Mr. Wilson may be the latest genius Mr. Schmidt has worked with, but they've known each other the longest. They met on a street corner in 1960 when Mr. Wilson, just out of Waco High School, was studying business administration at the University of Texas where Mr. Schmidt, just out of the Army, was teaching French. They lived together in Austin for a year and have remained friends ever since. "Alice" is the beneficiary of their long friendship.

"With Bob, the genesis is always visual," says Mr. Schmidt. "He said, 'All I know is I want there to be two acts. And we should have either 5 or 7 scenes in each act, and somehow I see the middle scene in each act as different from the scenes around them but very similar to each other.' I went home with the Alice books and quickly saw there's not much to dramatize. She just goes from one incident to another. We picked out the scenes we thought would work best and tried to find a scenario to hold it together that wouldn't be just a children's storybook version of 'Alice in Wonderland.'"
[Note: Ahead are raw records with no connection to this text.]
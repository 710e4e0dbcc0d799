//! The box: its state, and what it makes of a stream of items.
#![tactic(auto)]

pub mod item;
pub mod run;
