// Clears thousands of random small networks and compares each with the best of all its circulations.
#![tactic(auto)]

mod every;
mod random;

use every::{Best, best_of};
use flow::arc::Arc;
use haul_table::table::HaulTable;
use random::Random;
use std::io;
use tables::refusal::Refusal;
use worth::kind::Worth;
use worth::money::Money;
use worth::money_then_weeks::MoneyThenWeeks;
use worth::weeks::Weeks;

const NETWORKS: u32 = 20_000;

// A haul table with these arcs.
fn laid<W: Worth>(arcs: &[Arc]) -> Result<HaulTable<W>, Refusal> {
    let mut table = HaulTable::new();
    for arc in arcs {
        table.road(arc.from, arc.to, arc.capacity, arc.price, arc.weeks)?;
    }
    Ok(table)
}

// The worth of such a table once it is cleared.
fn cleared<W: Worth>(arcs: &[Arc], work: &mut [W]) -> Result<W, Refusal> {
    let mut table = laid::<W>(arcs)?;
    table.clear(work)?;
    Ok(table.worth())
}

// The worths that clearing finds, by each kind.
fn cleared_by_each(arcs: &[Arc]) -> Result<Best, Refusal> {
    let money = cleared(arcs, &mut [Money::none(); 64])?;
    let weeks = cleared(arcs, &mut [Weeks::none(); 64])?;
    let both = cleared(arcs, &mut [MoneyThenWeeks::none(); 64])?;
    Ok(Best {
        money: money.cents,
        weeks: weeks.count,
        both: (both.first.cents, both.second.count),
    })
}

// Whether there is money to gain, and whether clearing finds the best.
#[derive(Clone, Copy)]
struct Trial {
    gains: bool,
    agrees: bool,
}

fn tried(arcs: &mut [Arc]) -> Trial {
    let best = best_of(arcs);
    Trial {
        gains: best.money > 0,
        agrees: cleared_by_each(arcs) == Ok(best),
    }
}

fn main(rt: HostRuntime) -> io::Result<()> {
    let mut random = Random::new(1);
    // two counts, taken in one pass
    let mut gains: u32 = 0;
    let mut disagreements: u32 = 0;
    for _ in 0..NETWORKS {
        let mut room = [Arc::default(); 5];
        let trial = tried(random.arcs(&mut room));
        if trial.gains {
            gains = gains.saturating_add(1);
        }
        if !trial.agrees {
            disagreements = disagreements.saturating_add(1);
        }
    }
    println!(rt; "networks {NETWORKS}")?;
    println!(rt; "with money to gain {gains}")?;
    println!(rt; "disagreements {disagreements}")
}
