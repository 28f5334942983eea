ghost use Rattle.std.specs.Prelude.{◌≡◌};
ghost use Rattle.tables.specs.Refusals.{First, refusal};
ghost use Rattle.network.specs.Networks.{value};
ghost use Rattle.search.specs.Outcomes.{Improving, Clearing};
ghost use Rattle.flow.specs.Arcs.{fresh};
ghost use Rattle.haul_table.specs.Roads.{hauled, empty, road_rows, Roaded, Alike};
ghost use Rattle.haul_table.specs.Uses.{Law};

use super::{HaulTable, MOST_ROADS, NODES};
use flow::arc::Arc;
use network::bounds::{HIGHEST_PRICE, MOST_CAPACITY};
use network::valuation::worth;
use search::clear::clear;
use search::improve::improve;
use std::marker::PhantomData;
use tables::refusal::Refusal;
use tables::table::Table;
use worth::kind::Worth;

// Whether an arc may join `count` others.
fn admit(arc: Arc, count: usize) -> Result<(), Refusal>
    ensures { First (road_rows 64 count arc) (refusal result) }
{
    if arc.from >= NODES || arc.to >= NODES {
        Err(Refusal::Unknown)
    } else if count >= MOST_ROADS {
        Err(Refusal::Full)
    } else if arc.capacity > MOST_CAPACITY || arc.weeks > 1 {
        Err(Refusal::Bounds)
    } else if arc.price < -HIGHEST_PRICE || arc.price > HIGHEST_PRICE {
        Err(Refusal::Price)
    } else {
        Ok(())
    }
}

impl<W: Worth> HaulTable<W> {
    // A haul table without arcs.
    pub fn new() -> Self
        ensures empty { hauled result ≡ empty }
        ensures law { Law W.Worth.ops }
    {
        HaulTable {
            arcs: Table::default(),
            kind: PhantomData,
        }
    }

    // Adds an arc on which nothing flows, and answers its number. The exchange's call names the five parts; they become one
    // `Arc` at once.
    pub fn road(
        &mut self,
        from: u32,
        to: u32,
        room: u32,
        price: i64,
        weeks: u32,
    ) -> Result<u32, Refusal>
        ensures outcome { Roaded (hauled self.old) (hauled self.new) (fresh from to room price weeks) result }
        ensures law { Law W.Worth.ops }
    {
        let arc = Arc::new(from, to, room, price, weeks);
        let number = self.arcs.len();
        admit(arc, number)?;
        self.arcs.push(arc)?;
        Ok(number as u32)
    }

    // This and the next two calls are those of a closed round too. The generic function is what the two share: each says its
    // own law over uses, and what its own type keeps.

    // Shifts along one cycle worth more than none, or says that the flows are best.
    pub fn improve(&mut self, work: &mut [W]) -> Result<Option<W>, Refusal>
        ensures outcome { Improving W.Worth.ops (hauled self.old) (hauled self.new) work.old work.new result }
        ensures kept { Alike self.old self.new }
        ensures law { Law W.Worth.ops }
    {
        improve(self, work)
    }

    // Improves until best, and answers the sum of the rises.
    pub fn clear(&mut self, work: &mut [W]) -> Result<W, Refusal>
        ensures outcome { Clearing W.Worth.ops (hauled self.old) (hauled self.new) work.old work.new result }
        ensures kept { Alike self.old self.new }
        ensures law { Law W.Worth.ops }
    {
        clear(self, work)
    }

    // The worth of what flows.
    pub fn worth(&self) -> W
        ensures value { result ≡ value W.Worth.ops (hauled self.now) }
        ensures law { Law W.Worth.ops }
    {
        worth(self)
    }
}
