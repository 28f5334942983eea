use flow::arc::Arc;

// What the best circulation is worth in money, in weeks, and in money then weeks.
#[derive(Clone, Copy, Default, PartialEq, Eq)]
pub(crate) struct Best {
    pub(crate) money: i64,
    pub(crate) weeks: i64,
    pub(crate) both: (i64, i64),
}

impl Best {
    // The best of these and of one more circulation.
    fn or(self, (money, weeks): (i64, i64)) -> Best {
        Best {
            money: self.money.max(money),
            weeks: self.weeks.max(weeks),
            both: self.both.max((money, weeks)),
        }
    }
}

// Goes to the next row of flows within the capacities, or back to no flows after the last.
fn advance(arcs: &mut [Arc]) -> bool {
    for arc in arcs.iter_mut() {
        if arc.flow < arc.capacity {
            arc.flow += 1;
            return true;
        }
        arc.flow = 0;
    }
    false
}

// The flows of the arcs that pass a test.
fn carried<F: Fn(&Arc) -> bool>(arcs: &[Arc], counts: F) -> u64
    requires { F.IsAlwaysCallable counts }
{
    arcs.iter()
        .filter(|arc| counts(arc))
        .map(|arc| u64::from(arc.flow))
        .fold(0, u64::wrapping_add)
}

// Whether as much comes into a node as goes out of it. It is written apart from the library's own test, which is on trial here.
fn balanced(arcs: &[Arc], node: u32) -> bool {
    carried(arcs, |arc| arc.to == node) == carried(arcs, |arc| arc.from == node)
}

// Whether the flows are a circulation of a network of four nodes.
fn circulates(arcs: &[Arc]) -> bool {
    (0..4).all(|node| balanced(arcs, node))
}

// The money and the weeks of all flows.
fn sums(arcs: &[Arc]) -> (i64, i64) {
    let money = arcs
        .iter()
        .map(|arc| arc.price.wrapping_mul(i64::from(arc.flow)))
        .fold(0, i64::wrapping_add);
    let weeks = arcs
        .iter()
        .map(|arc| i64::from(arc.weeks).wrapping_mul(i64::from(arc.flow)))
        .fold(0, i64::wrapping_add);
    (money, weeks)
}

// The best of all circulations of at most five arcs with capacities up to 2: 3 to the power of 5 rows of flows.
pub(crate) fn best_of(arcs: &mut [Arc]) -> Best {
    let mut best = Best::default();
    // the bound on the rows is what shows that this ends
    for _ in 0..243 {
        if circulates(arcs) {
            best = best.or(sums(arcs));
        }
        if !advance(arcs) {
            break;
        }
    }
    best
}
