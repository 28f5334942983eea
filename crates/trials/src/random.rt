ghost use Rattle.std.specs.Prelude.{◌<◌, ◌≤◌, length};

use flow::arc::Arc;

// Numbers that look random and are the same in each run and with each kit.
#[derive(Clone, Copy)]
pub(crate) struct Random {
    state: u64,
}

impl Random {
    pub(crate) fn new(state: u64) -> Self {
        Random { state }
    }

    // The high bits of a linear congruential sequence.
    fn next(&mut self) -> u32 {
        self.state = self
            .state
            .wrapping_mul(6364136223846793005)
            .wrapping_add(1442695040888963407);
        (self.state >> 33) as u32
    }

    fn below(&mut self, bound: u32) -> u32
        requires { 0 < bound }
        ensures { result < bound }
    {
        self.next() % bound
    }

    // An arc of a network of so many nodes, with nothing on it.
    fn arc(&mut self, nodes: u32) -> Arc
        requires { 0 < nodes }
    {
        Arc::new(
            self.below(nodes),
            self.below(nodes),
            self.below(3),
            i64::from(self.below(7)) - 3,
            self.below(2),
        )
    }

    // Up to five arcs between up to four nodes, parallel ones and loops among them, at the start of the room that is lent. It is lent, since
    // this call may not fail, and a `Vec` could, for want of memory.
    pub(crate) fn arcs<'a>(&mut self, room: &'a mut [Arc; 5]) -> &'a mut [Arc]
        ensures { length result.now ≤ 5 }
    {
        let nodes = self.below(4) + 1;
        // one arc more is drawn first, and left out
        let _ = self.arc(nodes);
        for arc in room.iter_mut() {
            *arc = self.arc(nodes);
        }
        &mut room[..self.below(6) as usize]
    }
}
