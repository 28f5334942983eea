ghost use Rattle.flow.proofs.Rows.{same_refl, same_trans};
ghost use Rattle.haul_table.specs.Roads.{hauled, Alike};
ghost use Rattle.haul_table.specs.Settled.{alike_settled};

use super::{HaulTable, NODES};
use flow::arc::Arc;
use network::arcs::push;
use network::improvable::Improvable;
use network::readable::Network;
use tables::refusal::Refusal;
use worth::kind::Worth;

// A closed round has blocks like these two: what the two types share is the trait, and a body is a call or two of what a type holds.
impl<W: Worth> Network for HaulTable<W> {
    ghost net = { λ x. hauled x };

    ghost sound = { λ x. x.sound };

    fn counts(&self) -> (u32, u32) {
        (NODES, self.arcs.len() as u32)
    }

    fn arc(&self, i: u32) -> Result<Arc, Refusal> {
        self.arcs.get(i as usize).ok_or(Refusal::Unknown)
    }
}

impl<W: Worth> Improvable for HaulTable<W> {
    type W = W;

    ghost alike = { λ x y. Alike x y };

    ghost itself = { λ x. record { arcs = same_refl x.arcs } };

    ghost onward = { λ x y z p q. record { arcs = same_trans x.arcs y.arcs z.arcs p.arcs q.arcs } };

    ghost settled = { λ x y a e. alike_settled x y a e };

    fn push(&mut self, arc: u32, by: i64) -> Result<(), Refusal> {
        push(&mut self.arcs, arc, by)
    }
}
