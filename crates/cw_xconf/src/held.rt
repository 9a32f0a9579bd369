ghost use Rattle.std.specs.Prelude.{◌≡◌, ◌+◌, ◌≤◌};
ghost use Rattle.cw_trace.specs.Told.{HoldsRead, Inside, Test, Stays};

use cw_order::Steps;
use cw_trace::{Columns, GapReader, TierReader};
use std::sync::ledger::Ledger;

/// A tier and gap words in memory. Each read is answered with what they hold.
#[derive(Drop)]
pub struct Held<'a> {
    pub tier: TierReader<'a>,
    pub gaps: GapReader<'a>,
}

impl<'a> Columns for Held<'a> {
    ghost told = { λ s. HoldsRead s.tier.columns s.gaps };

    ghost ready = { λ s. Unit {0} };

    fn owner<K: Ledger>(&mut self, strand: u32, looks: &mut Steps<K>) -> u32 {
        self.tier.owner_of(strand, looks)
    }

    fn lead<K: Ledger>(&mut self, trace: u32, looks: &mut Steps<K>) -> Option<u32> {
        self.tier.lead_of(trace, looks)
    }

    fn up<K: Ledger>(&mut self, trace: u32, looks: &mut Steps<K>) -> Option<u32> {
        self.tier.up_of(trace, looks)
    }

    fn word<K: Ledger>(&mut self, gap: u32, looks: &mut Steps<K>) -> u64 {
        self.gaps.word_of(gap, looks)
    }

    fn inside<K: Ledger, L: Ledger>(
        &mut self,
        trace: u32,
        outer: u32,
        looks: &mut Steps<K>,
        compares: &mut Steps<L>,
    ) -> bool
        ensures told { HoldsRead self.new.tier.columns self.new.gaps (Inside trace outer) (Test result) }
        ensures kept { Stays (HoldsRead self.old.tier.columns self.old.gaps)
            (HoldsRead self.new.tier.columns self.new.gaps) }
        ensures looks { looks.new ≤ looks.old + 4 }
        ensures compares { compares.new ≤ compares.old + 2 }
        ensures cost { looks.new ≡ looks.old + 4 }
    {
        self.tier.stands_within(trace, outer, looks, compares)
    }
}
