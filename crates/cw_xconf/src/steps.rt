//! Comparisons of stamps, each with its tick.
ghost use Rattle.std.specs.Prelude.{◌≡◌, ◌+◌, nat_lt};
ghost use Rattle.cw_trace.specs.Query as query;

use cw_order::Steps;
use std::sync::ledger::Ledger;

/// Returns whether `stamp` is less than `other`.
pub(crate) fn is_less<L: Ledger>(stamp: u64, other: u64, compares: &mut Steps<L>) -> bool
    ensures value { result ≡ nat_lt stamp other }
    ensures cost { compares.new ≡ compares.old + 1 }
{
    compares.tick();
    stamp < other
}

/// Returns whether a block was begun at `word`, before `stamp`. A word of 0 is no begin.
pub(crate) fn came_before<L: Ledger>(word: u64, stamp: u64, compares: &mut Steps<L>) -> bool
    ensures value { result ≡ query.came_before word stamp }
    ensures cost { compares.new ≡ compares.old + 2 }
{
    let begun = is_less(0, word, compares);
    let earlier = is_less(word, stamp, compares);
    begun && earlier
}
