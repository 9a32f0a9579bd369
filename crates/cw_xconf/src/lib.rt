//! The conflict query: tells in a bounded number of steps whether an access would conflict with the last access of its cell. It
//! also tells which pending blocks above the asker are above the last access.
//! Use `ask` over a `Tier` and `Gaps` in memory, and `ask_by` over anything else that implements `Columns`.
//! Contracts cite `specs/Costs.antt` (how many looks a verdict takes). From `cw_trace` they cite `specs/Query.antt` (the rules),
//! `specs/Told.antt` (reads and answers) and `specs/Verdicts.antt` (what a verdict says of the tree).
#![tactic(auto)]

mod held;
mod query;
mod steps;

pub use cw_trace::Verdict;
pub use held::Held;
pub use query::{ask, ask_by, contains_by};
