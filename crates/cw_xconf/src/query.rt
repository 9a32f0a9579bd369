ghost use Rattle.std.specs.Prelude.{◌≡◌, ◌+◌, ◌≤◌, ◌==◌, ℕ, List};
ghost use Rattle.cw_trace.specs.Columns as traces;
ghost use Rattle.cw_trace.specs.Told.{HoldsRead, Stays};
ghost use Rattle.cw_trace.specs.Query as rules;
ghost use Rattle.cw_trace.specs.Query.{HasWord, IsWithinTrace, GivesAround, Gives, Covers};
ghost use Rattle.cw_trace.specs.Verdicts.{TellsOfTree, TellsByReading, TellsOfBlock};
ghost use Rattle.cw_xconf.specs.Costs.{looks_around, looks_for, most_looks};

use crate::steps::{came_before, is_less};
use crate::{Held, Verdict};
use cw_order::Steps;
use cw_trace::{Columns, Gaps, Tier};
use cw_tree::Mark;
use std::sync::ledger::Ledger;

/// Returns whether `trace` and `other` are the same trace.
fn is_same<L: Ledger>(trace: u32, other: u32, compares: &mut Steps<L>) -> bool
    ensures value { result ≡ (trace == other) }
    ensures cost { compares.new ≡ compares.old + 1 }
{
    compares.tick();
    trace == other
}

/// Returns the word of the lead of `trace`, or 0 if it has no lead.
fn lead_word<C: Columns, K: Ledger>(columns: &mut C, trace: u32, looks: &mut Steps<K>) -> u64
    requires { C.ready columns.old }
    ensures ready { C.ready columns.new }
    ensures word { HasWord (C.told columns.new) trace result }
    ensures kept { Stays (C.told columns.old) (C.told columns.new) }
    ensures looks { looks.new ≤ looks.old + 2 }
{
    match columns.lead(trace, looks) {
        None => 0,
        Some(gap) => columns.word(gap, looks),
    }
}

/// Returns whether the trace of `strand` is `outer` or lies inside it.
fn stands_in<C: Columns, K: Ledger, L: Ledger>(
    columns: &mut C,
    strand: u32,
    outer: u32,
    looks: &mut Steps<K>,
    compares: &mut Steps<L>,
) -> bool
    requires { C.ready columns.old }
    ensures ready { C.ready columns.new }
    ensures stands { IsWithinTrace (C.told columns.new) strand outer result }
    ensures kept { Stays (C.told columns.old) (C.told columns.new) }
    ensures looks { looks.new ≤ looks.old + 5 }
    ensures compares { compares.new ≤ compares.old + 3 }
{
    let trace = columns.owner(strand, looks);
    is_same(trace, outer, compares) || columns.inside(trace, outer, looks, compares)
}

/// Returns the verdict from `around`, the nearest trace around that has a pending block. If there is none, returns `Free`.
fn ask_around<C: Columns, K: Ledger, L: Ledger>(
    columns: &mut C,
    around: Option<u32>,
    asker: u32,
    looks: &mut Steps<K>,
    compares: &mut Steps<L>,
) -> Verdict
    requires { C.ready columns.old }
    ensures ready { C.ready columns.new }
    ensures given { GivesAround (C.told columns.new) asker around result }
    ensures kept { Stays (C.told columns.old) (C.told columns.new) }
    ensures looks { looks.new ≤ looks.old + looks_around result }
    ensures compares { compares.new ≤ compares.old + 3 }
{
    match around {
        None => Verdict::Free,
        Some(outer) => {
            if stands_in(columns, asker, outer, looks, compares) {
                Verdict::Within
            } else {
                Verdict::Against(lead_word(columns, outer, looks))
            }
        }
    }
}

/// Returns the verdict for the last access of a cell and an asker in column `asker`, from answers to reads. If every answer is what
/// one tier and its gap words hold, the verdict says what `ask` says of each tree that they represent.
pub fn ask_by<C: Columns, K: Ledger, L: Ledger>(
    columns: &mut C,
    last: Mark,
    asker: u32,
    looks: &mut Steps<K>,
    compares: &mut Steps<L>,
) -> Verdict
    requires { C.ready columns.old }
    ensures ready { C.ready columns.new }
    ensures given { Gives (C.told columns.new) last asker result }
    ensures tells { (c : traces.ColumnTable) (words : List ℕ) → Stays (C.told columns.new) (HoldsRead c words)
        → TellsOfTree c words last asker result }
    ensures kept { Stays (C.told columns.old) (C.told columns.new) }
    ensures looks { looks.new ≤ looks.old + most_looks }
    // no read is made that decides nothing
    ensures needed { looks.new ≤ looks.old + looks_for result }
    ensures compares { compares.new ≤ compares.old + 5 }
{
    let own = columns.owner(last.strand, looks);
    let word = lead_word(columns, own, looks);
    if came_before(word, last.stamp, compares) {
        if stands_in(columns, asker, own, looks, compares) {
            Verdict::Within
        } else {
            Verdict::Against(word)
        }
    } else {
        let around = columns.up(own, looks);
        ask_around(columns, around, asker, looks, compares)
    }
}

/// Returns whether a pending block is above the last access. `block` has the begin stamp of the block and the column of the strand
/// that began it.
pub fn contains_by<C: Columns, K: Ledger, L: Ledger>(
    columns: &mut C,
    block: Mark,
    last: Mark,
    looks: &mut Steps<K>,
    compares: &mut Steps<L>,
) -> bool
    requires { C.ready columns.old }
    ensures ready { C.ready columns.new }
    ensures given { Covers (C.told columns.new) block last result }
    ensures tells { (c : traces.ColumnTable) (words : List ℕ) → Stays (C.told columns.new) (HoldsRead c words)
        → TellsOfBlock c words block last result }
    ensures kept { Stays (C.told columns.old) (C.told columns.new) }
    ensures looks { looks.new ≤ looks.old + 6 }
    ensures compares { compares.new ≤ compares.old + 4 }
{
    let trace = columns.owner(block.strand, looks);
    let own = columns.owner(last.strand, looks);
    if is_same(own, trace, compares) {
        is_less(block.stamp, last.stamp, compares)
    } else {
        columns.inside(own, trace, looks, compares)
    }
}

/// Returns whether the next access by the asker would conflict with the last access of its cell, by a tier and gap words. The
/// verdict holds for every tree that they represent.
pub fn ask<L: Ledger, K: Ledger>(
    tier: &Tier,
    gaps: &Gaps,
    last: Mark,
    asker: u32,
    looks: &mut Steps<K>,
    compares: &mut Steps<L>,
) -> Verdict
    ensures verdict { result ≡ rules.verdict tier.now.columns gaps.now.words.items last asker }
    ensures tells { TellsOfTree tier.now.columns gaps.now.words.items last asker result }
    ensures by_reading { TellsByReading tier.now.columns gaps.now.words.items last asker result }
    ensures looks { looks.new ≤ looks.old + most_looks }
    // no read is made that decides nothing
    ensures needed { looks.new ≤ looks.old + looks_for result }
    ensures compares { compares.new ≤ compares.old + 5 }
{
    let mut held = Held {
        tier: tier.reader(),
        gaps: gaps.reader(),
    };
    ask_by(&mut held, last, asker, looks, compares)
}
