//! What a reference interpreter keeps between its steps (ISO 7185:1990, 6.2.3): places, operands, activations with
//! what is visible in them, the input that is left, and the work that is left. What the operations of the language
//! calculate, and how values are written, without a store (6.7.2, 6.6.6, 6.8.3, 6.9.3).
#![tactic(auto)]

pub mod activation;
pub mod arms;
pub mod input;
pub mod operand;
pub mod ordinals;
pub mod rows;
pub mod sets;
pub mod store;
pub mod text;
pub mod work;

pub use operand::Operand;
pub use store::{Place, Placed, component, part};
pub use work::{Caller, Rounds, Work, put};
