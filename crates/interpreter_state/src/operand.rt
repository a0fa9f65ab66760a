ghost use Rattle.std.specs.Prelude.{◌≡◌, IfOk, option_map};
ghost use Rattle.meaning.specs.Meaning.{place_passed};
ghost use Rattle.interpreter_state.specs.Views.{operand_seen, place_seen, row_in, value_in};

use crate::{Place, Placed};
use meaning::{Ordinal, Value};
use std::alloc::Global;

/// What a run has in hand, on a stack.
#[derive(Drop)]
pub enum Operand {
    Value(Value),
    /// A place that is accessed; none, where no variable is visible.
    Place(Option<Place>),
    /// The values of the components of a whole value.
    Row(Vec<Value>),
}

impl Operand {
    /// The value that it is; 0, if it is none.
    pub fn value(&self) -> Value
        ensures { result ≡ value_in (operand_seen self.now) }
    {
        match self {
            Operand::Value(value) => *value,
            _ => Value::Number(Ordinal::new(0)),
        }
    }

    /// The place that it is.
    pub fn place(self) -> Option<Place>
        ensures { option_map place_seen result ≡ place_passed (operand_seen self) }
    {
        match self {
            Operand::Place(place) => place,
            _ => None,
        }
    }

    /// The place that it is, once more.
    pub fn place_again(&self) -> Placed
        ensures { IfOk result (λ place. option_map place_seen place ≡ place_passed (operand_seen self.now)) }
    {
        match self {
            Operand::Place(place) => place.clone(),
            _ => Ok(None),
        }
    }

    /// The row that it is; an empty one, if it is none.
    pub fn row(self, alloc: Global) -> Vec<Value>
        ensures { result.items ≡ row_in (operand_seen self) }
    {
        match self {
            Operand::Row(row) => row,
            _ => Vec::new(alloc),
        }
    }
}
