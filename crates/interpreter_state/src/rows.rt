ghost use Rattle.std.specs.Prelude.{◌≡◌, IfOk, map, pos};
ghost use Rattle.typed_tree.specs.WellFormed.{length_of};
ghost use Rattle.meaning.specs.declared.value.Value.TheVariants.{Number};
ghost use Rattle.meaning.specs.Effect.{number_of};
ghost use Rattle.meaning.specs.Meaning.{compared, order_of};

use crate::ordinals::{is_related, number_of};
use meaning::{Ordinal, Value};
use std::alloc::{AllocError, Global};
use typed_tree::{Relation, Whole};

/// The values of characters.
pub fn row_of(alloc: Global, characters: &[u8]) -> Result<Vec<Value>, AllocError>
    ensures { IfOk result (λ row. row.items ≡ map (λ c. Number (pos c)) characters.now) }
{
    let mut row = Vec::new(alloc);
    for character in characters {
        row.push(Value::Number(Ordinal::new(i32::from(*character))))?;
    }
    Ok(row)
}

/// How many components a whole value has.
pub fn length_of(value: &Whole) -> usize
    ensures { result ≡ length_of value.now }
{
    match value {
        Whole::Text { characters, .. } => characters.len(),
        Whole::Variable { cells, .. } => *cells as usize,
    }
}

/// The number of a relation of two strings, by their components (ISO 7185:1990, 6.7.2.5).
pub fn compared_number(relation: Relation, left: &[Value], right: &[Value]) -> Ordinal
    ensures { result ≡ compared relation left.now right.now }
{
    let order = order_between(left, right);
    Ordinal::truth(is_related(relation, order, Ordinal::new(0)))
}

// The order of two rows by their numbers, as -1, 0 or 1.
fn order_between(row: &[Value], other: &[Value]) -> Ordinal
    ensures { result ≡ order_of (map number_of row.now) (map number_of other.now) }
{
    for (place, value) in row.iter().enumerate() {
        let Some(opposite) = other.get(place) else {
            return Ordinal::new(1);
        };
        let left = number_of(*value);
        let right = number_of(*opposite);
        if left.is_less_than(right) {
            return Ordinal::new(-1);
        }
        if right.is_less_than(left) {
            return Ordinal::new(1);
        }
    }
    if row.len() < other.len() {
        Ordinal::new(-1)
    } else {
        Ordinal::new(0)
    }
}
Bringing the author into the picture, the scenario pivoted on the Rev. Dodgson's obsession with photographing little girls. "Nobody really objected to his wanting to take pictures of them in their underwear," Mr. Schmidt says, "but there was a point at which Alice Liddell's mother said to him it would be better if he didn't write her any more love letters." For the centerpieces of the two acts, Mr. Schmidt wrote monologues for Alice and Dodgson reflecting years later on their relationship and circling closer to the touchy subject of pedophilia than anything Lewis Carroll ever wrote.

To fit Mr. Wilson's visual scheme, Mr. Schmidt supplemented familiar scenes from "Alice in Wonderland," such as the Mad Hatter's tea party and Humpty Dumpty's dispensing advice to Alice, with classic Carroll nonsense verses ("Jabberwocky," of course) and even some of his word puzzles. "One thing that's special about Paul is he knew my work from the beginning," says Mr. Wilson. "I started out with works that were silent. Then I did plays that were texts of nonsense, where the words were just sounds. Later I did texts that made sense. But Paul has always been fascinated with the integrity of the word, not only with its meaning but with its sound and its musicality. That's something we share."

So in creating a text for Mr. Wilson, Mr. Schmidt knew how to feed him flavors that he liked? "Exactly."